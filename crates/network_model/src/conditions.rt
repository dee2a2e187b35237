//! The three conditions of a quiet network, as they were found.

/// Which conditions of quiet hold.
#[derive(Clone, Copy)]
pub struct Conditions {
    /// Both ends of each link that is up are Up with each other, and no other port is Up.
    pub links: bool,
    /// No frame is on its way.
    pub lanes: bool,
    /// No bridge has a flag.
    pub flags: bool,
}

------------------------------------

» EXERCISE DIRECTIONS
Extract each entry in full, exactly as given.

» SOLUTION
filename crates/network_model/src/conditions.rt
repository dee2a2e187b35237
//! The three conditions of a quiet network, as they were found.

/// Which conditions of quiet hold.
#[derive(Clone, Copy)]
pub struct Conditions {
    /// Both ends of each link that is up are Up with each other, and no other port is Up.
    pub links: bool,
    /// No frame is on its way.
    pub lanes: bool,
    /// No bridge has a flag.
    pub flags: bool,
}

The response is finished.